• _WHAT TO PRODUCE_
Check every line of the entries for "FitsChangeset", and copy the lines that hold it.

<<<<

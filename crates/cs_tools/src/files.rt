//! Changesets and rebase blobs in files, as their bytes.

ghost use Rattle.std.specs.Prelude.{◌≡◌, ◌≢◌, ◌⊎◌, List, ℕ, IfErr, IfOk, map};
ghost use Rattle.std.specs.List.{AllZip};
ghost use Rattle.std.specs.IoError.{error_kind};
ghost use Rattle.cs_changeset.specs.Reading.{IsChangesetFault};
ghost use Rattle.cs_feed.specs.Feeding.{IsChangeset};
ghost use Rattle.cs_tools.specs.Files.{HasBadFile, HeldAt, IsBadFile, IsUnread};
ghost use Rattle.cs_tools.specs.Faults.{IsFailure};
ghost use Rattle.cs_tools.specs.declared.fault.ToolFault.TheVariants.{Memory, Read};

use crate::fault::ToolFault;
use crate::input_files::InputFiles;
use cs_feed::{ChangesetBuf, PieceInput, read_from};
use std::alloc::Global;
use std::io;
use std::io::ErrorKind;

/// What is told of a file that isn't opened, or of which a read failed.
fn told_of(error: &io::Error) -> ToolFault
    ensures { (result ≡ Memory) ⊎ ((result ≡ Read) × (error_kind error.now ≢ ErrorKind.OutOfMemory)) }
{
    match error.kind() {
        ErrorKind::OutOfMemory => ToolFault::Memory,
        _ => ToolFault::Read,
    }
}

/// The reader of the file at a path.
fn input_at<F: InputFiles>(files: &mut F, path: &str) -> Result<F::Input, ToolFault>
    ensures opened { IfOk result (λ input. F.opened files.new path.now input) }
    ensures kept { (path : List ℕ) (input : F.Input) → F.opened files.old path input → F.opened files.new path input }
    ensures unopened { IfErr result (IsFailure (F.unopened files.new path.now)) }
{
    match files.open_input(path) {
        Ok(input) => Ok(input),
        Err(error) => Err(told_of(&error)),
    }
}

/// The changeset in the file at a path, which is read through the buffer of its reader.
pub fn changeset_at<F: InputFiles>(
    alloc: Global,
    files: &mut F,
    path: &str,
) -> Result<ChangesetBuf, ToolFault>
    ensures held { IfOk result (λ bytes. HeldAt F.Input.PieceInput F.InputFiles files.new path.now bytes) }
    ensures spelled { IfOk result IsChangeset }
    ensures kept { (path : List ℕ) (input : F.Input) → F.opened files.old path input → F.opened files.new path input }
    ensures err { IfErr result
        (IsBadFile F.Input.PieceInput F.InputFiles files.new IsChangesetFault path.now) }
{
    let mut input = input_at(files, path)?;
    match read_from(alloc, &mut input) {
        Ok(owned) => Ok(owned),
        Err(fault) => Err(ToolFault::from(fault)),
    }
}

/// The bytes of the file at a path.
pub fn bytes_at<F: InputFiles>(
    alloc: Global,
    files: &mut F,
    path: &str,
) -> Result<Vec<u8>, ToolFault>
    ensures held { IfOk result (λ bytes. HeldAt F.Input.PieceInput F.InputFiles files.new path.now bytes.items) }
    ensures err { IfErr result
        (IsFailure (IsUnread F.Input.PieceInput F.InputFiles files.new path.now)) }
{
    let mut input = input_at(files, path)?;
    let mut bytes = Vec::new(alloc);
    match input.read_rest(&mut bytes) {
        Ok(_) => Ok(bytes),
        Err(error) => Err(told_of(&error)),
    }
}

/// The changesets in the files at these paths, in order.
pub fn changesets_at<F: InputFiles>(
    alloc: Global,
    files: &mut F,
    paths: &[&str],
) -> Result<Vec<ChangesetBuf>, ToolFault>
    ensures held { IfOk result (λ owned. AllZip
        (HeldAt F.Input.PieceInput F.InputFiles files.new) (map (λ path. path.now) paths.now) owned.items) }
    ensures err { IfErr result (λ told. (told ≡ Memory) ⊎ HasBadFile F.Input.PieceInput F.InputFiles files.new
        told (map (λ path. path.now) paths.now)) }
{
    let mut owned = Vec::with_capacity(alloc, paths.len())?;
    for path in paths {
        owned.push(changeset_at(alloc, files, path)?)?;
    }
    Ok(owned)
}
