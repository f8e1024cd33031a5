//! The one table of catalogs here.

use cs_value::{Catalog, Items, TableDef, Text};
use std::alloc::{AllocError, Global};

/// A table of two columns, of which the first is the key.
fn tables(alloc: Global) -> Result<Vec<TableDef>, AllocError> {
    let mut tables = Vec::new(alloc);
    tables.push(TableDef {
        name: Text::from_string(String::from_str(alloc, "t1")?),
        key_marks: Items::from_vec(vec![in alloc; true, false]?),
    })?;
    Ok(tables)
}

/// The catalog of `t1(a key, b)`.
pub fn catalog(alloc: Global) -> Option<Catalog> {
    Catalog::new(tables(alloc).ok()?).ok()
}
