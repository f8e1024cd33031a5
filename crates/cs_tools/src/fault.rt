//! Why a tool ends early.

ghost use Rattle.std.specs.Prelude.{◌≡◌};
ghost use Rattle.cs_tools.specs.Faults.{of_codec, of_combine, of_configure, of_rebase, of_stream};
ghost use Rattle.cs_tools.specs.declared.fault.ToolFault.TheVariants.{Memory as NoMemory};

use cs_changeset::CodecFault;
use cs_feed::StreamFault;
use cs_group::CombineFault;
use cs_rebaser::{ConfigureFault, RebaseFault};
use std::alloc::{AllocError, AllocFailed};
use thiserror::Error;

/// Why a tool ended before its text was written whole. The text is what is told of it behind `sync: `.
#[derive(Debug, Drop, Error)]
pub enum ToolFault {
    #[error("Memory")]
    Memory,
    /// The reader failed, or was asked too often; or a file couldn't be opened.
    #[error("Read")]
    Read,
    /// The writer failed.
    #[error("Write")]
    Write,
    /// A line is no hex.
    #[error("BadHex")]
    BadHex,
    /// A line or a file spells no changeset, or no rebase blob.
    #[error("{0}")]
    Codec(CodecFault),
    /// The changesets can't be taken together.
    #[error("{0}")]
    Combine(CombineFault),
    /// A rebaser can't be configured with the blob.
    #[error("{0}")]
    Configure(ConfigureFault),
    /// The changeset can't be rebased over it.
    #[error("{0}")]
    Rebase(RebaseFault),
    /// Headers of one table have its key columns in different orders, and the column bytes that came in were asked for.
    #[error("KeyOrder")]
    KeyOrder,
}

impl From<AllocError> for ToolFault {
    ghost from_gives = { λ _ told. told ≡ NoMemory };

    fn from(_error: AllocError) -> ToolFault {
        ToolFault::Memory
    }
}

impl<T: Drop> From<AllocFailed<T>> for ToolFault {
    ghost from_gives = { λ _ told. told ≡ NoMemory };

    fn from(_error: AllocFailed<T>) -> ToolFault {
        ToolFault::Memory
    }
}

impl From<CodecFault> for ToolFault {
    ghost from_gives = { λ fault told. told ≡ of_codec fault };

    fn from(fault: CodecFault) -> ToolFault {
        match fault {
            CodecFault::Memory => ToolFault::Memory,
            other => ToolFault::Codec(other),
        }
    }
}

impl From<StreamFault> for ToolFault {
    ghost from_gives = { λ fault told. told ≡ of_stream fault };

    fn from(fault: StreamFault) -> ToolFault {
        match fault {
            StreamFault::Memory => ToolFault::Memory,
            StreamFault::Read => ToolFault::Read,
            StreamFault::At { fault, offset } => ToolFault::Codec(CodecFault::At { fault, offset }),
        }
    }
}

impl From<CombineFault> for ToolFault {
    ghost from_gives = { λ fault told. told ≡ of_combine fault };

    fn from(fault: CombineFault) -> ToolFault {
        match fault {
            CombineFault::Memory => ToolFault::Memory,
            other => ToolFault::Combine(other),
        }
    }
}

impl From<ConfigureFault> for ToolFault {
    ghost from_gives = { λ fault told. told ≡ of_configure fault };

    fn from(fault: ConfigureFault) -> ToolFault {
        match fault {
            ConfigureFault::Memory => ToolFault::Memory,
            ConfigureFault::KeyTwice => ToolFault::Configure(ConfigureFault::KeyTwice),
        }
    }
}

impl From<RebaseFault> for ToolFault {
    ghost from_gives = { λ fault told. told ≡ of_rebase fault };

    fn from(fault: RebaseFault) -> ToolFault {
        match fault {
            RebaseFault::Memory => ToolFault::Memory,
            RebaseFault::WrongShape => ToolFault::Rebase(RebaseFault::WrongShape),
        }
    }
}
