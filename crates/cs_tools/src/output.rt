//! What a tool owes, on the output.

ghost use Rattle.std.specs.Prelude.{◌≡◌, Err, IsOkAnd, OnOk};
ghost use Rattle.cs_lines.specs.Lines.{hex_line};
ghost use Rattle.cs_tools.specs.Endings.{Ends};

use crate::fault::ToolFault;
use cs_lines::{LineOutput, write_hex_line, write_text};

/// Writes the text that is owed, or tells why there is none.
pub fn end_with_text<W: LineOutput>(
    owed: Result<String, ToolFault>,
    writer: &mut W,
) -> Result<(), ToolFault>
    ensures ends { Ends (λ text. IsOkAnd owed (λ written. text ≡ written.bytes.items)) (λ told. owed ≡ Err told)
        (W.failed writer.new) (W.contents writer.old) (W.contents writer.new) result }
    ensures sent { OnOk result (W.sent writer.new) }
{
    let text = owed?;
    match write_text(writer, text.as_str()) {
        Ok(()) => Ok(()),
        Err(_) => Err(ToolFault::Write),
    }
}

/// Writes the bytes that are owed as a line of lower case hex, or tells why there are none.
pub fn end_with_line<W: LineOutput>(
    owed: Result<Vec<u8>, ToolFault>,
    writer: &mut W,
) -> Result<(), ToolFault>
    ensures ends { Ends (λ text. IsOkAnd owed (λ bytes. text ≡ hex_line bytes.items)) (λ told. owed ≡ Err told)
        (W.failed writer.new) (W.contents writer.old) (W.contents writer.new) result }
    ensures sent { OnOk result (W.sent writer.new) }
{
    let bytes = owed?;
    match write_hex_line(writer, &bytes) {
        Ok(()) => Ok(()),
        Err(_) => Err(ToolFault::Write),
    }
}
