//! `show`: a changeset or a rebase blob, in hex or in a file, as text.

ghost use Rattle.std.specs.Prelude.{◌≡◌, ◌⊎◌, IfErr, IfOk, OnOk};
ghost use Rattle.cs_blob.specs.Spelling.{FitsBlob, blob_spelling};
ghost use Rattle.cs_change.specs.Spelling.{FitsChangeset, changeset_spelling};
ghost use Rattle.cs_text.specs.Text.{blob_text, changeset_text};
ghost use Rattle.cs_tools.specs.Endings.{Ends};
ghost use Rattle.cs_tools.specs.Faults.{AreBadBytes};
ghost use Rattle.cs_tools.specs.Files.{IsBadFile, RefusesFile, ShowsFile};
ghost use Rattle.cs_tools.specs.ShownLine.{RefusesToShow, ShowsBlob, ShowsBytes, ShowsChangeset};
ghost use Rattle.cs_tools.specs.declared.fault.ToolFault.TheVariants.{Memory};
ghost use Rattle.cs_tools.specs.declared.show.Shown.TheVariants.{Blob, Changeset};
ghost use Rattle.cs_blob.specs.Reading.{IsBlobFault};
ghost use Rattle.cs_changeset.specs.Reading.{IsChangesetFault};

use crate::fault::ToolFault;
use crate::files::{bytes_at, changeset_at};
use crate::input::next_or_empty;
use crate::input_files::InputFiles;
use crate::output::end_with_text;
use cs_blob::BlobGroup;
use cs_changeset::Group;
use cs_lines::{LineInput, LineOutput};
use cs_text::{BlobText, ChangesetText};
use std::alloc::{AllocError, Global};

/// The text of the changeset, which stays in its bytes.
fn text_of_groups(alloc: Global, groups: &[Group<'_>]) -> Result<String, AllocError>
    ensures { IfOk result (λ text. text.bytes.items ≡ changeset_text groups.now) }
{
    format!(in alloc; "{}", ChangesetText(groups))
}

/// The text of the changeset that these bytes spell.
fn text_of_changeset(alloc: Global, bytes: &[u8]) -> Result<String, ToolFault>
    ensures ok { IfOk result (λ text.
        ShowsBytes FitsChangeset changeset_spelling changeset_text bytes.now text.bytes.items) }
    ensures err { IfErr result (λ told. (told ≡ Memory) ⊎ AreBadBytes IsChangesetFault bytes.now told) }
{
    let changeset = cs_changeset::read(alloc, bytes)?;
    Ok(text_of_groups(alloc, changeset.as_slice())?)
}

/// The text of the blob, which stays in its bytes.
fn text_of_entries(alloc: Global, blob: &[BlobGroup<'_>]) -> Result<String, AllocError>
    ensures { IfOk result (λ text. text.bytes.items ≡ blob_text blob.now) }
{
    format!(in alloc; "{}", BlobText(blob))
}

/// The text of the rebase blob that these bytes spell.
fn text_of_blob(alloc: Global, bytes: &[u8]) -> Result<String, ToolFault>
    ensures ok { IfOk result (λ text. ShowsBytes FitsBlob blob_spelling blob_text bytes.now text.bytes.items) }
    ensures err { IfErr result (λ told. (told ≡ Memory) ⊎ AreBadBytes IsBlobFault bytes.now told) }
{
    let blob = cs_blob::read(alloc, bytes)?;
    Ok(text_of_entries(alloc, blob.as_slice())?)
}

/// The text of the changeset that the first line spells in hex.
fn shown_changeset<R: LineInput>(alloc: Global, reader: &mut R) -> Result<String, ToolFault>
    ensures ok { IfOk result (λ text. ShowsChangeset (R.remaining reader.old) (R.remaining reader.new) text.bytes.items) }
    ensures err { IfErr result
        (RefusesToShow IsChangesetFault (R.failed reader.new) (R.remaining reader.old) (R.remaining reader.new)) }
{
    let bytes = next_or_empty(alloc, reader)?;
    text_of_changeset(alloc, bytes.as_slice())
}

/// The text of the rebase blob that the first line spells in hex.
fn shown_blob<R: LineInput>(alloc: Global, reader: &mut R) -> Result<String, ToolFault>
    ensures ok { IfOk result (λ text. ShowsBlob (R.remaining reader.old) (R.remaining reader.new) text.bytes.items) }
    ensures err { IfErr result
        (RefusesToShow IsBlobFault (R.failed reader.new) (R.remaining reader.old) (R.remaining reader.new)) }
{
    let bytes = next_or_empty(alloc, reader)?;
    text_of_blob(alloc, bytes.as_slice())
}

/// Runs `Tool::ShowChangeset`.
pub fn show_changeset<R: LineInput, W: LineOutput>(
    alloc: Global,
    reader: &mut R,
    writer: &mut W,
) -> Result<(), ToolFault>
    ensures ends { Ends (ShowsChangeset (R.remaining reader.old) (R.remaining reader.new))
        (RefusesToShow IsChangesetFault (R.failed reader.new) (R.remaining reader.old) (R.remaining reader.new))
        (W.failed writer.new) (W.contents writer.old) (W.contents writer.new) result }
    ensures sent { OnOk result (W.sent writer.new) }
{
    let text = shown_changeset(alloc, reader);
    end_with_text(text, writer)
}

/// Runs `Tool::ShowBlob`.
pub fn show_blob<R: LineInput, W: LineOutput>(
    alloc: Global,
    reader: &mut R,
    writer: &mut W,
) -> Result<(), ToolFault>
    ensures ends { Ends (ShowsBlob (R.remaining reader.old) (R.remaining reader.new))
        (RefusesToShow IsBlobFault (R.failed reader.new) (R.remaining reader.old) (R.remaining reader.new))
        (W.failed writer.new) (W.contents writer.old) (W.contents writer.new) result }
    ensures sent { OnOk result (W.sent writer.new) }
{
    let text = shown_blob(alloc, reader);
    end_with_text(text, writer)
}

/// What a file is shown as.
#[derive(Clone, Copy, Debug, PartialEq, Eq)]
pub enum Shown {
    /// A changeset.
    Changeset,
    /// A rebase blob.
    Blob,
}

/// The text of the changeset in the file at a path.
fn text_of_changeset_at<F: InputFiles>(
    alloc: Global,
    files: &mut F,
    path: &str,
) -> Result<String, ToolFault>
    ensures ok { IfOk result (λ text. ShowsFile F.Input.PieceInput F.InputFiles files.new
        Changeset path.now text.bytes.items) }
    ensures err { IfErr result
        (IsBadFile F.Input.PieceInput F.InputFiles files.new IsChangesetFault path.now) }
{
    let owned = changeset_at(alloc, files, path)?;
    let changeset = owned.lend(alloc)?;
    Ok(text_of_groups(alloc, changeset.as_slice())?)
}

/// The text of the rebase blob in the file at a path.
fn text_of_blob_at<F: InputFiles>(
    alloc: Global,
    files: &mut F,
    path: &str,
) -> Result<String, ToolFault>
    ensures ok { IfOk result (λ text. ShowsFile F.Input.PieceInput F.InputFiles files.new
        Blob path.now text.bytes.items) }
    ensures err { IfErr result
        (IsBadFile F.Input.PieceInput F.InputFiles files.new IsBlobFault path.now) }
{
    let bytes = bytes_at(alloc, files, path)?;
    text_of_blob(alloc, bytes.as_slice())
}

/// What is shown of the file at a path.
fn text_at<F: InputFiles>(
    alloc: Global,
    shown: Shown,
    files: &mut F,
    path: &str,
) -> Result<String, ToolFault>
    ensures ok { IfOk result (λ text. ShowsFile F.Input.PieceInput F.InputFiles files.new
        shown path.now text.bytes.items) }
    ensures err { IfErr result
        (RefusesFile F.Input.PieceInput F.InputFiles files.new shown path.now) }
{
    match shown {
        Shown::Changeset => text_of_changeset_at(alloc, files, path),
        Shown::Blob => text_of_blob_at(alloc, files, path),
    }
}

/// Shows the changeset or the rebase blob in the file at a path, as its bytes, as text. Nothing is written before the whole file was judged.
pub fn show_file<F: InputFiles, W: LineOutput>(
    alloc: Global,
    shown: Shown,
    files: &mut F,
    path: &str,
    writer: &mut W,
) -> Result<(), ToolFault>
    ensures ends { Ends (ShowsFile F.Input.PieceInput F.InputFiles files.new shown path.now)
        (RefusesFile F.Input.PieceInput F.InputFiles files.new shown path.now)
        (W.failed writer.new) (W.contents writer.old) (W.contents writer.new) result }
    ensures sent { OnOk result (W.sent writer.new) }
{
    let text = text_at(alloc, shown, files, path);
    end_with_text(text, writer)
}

>>>>

• _RESULT FOR THIS EXERCISE_
ghost use Rattle.cs_change.specs.Spelling.{FitsChangeset, changeset_spelling};
        ShowsBytes FitsChangeset changeset_spelling changeset_text bytes.now text.bytes.items) }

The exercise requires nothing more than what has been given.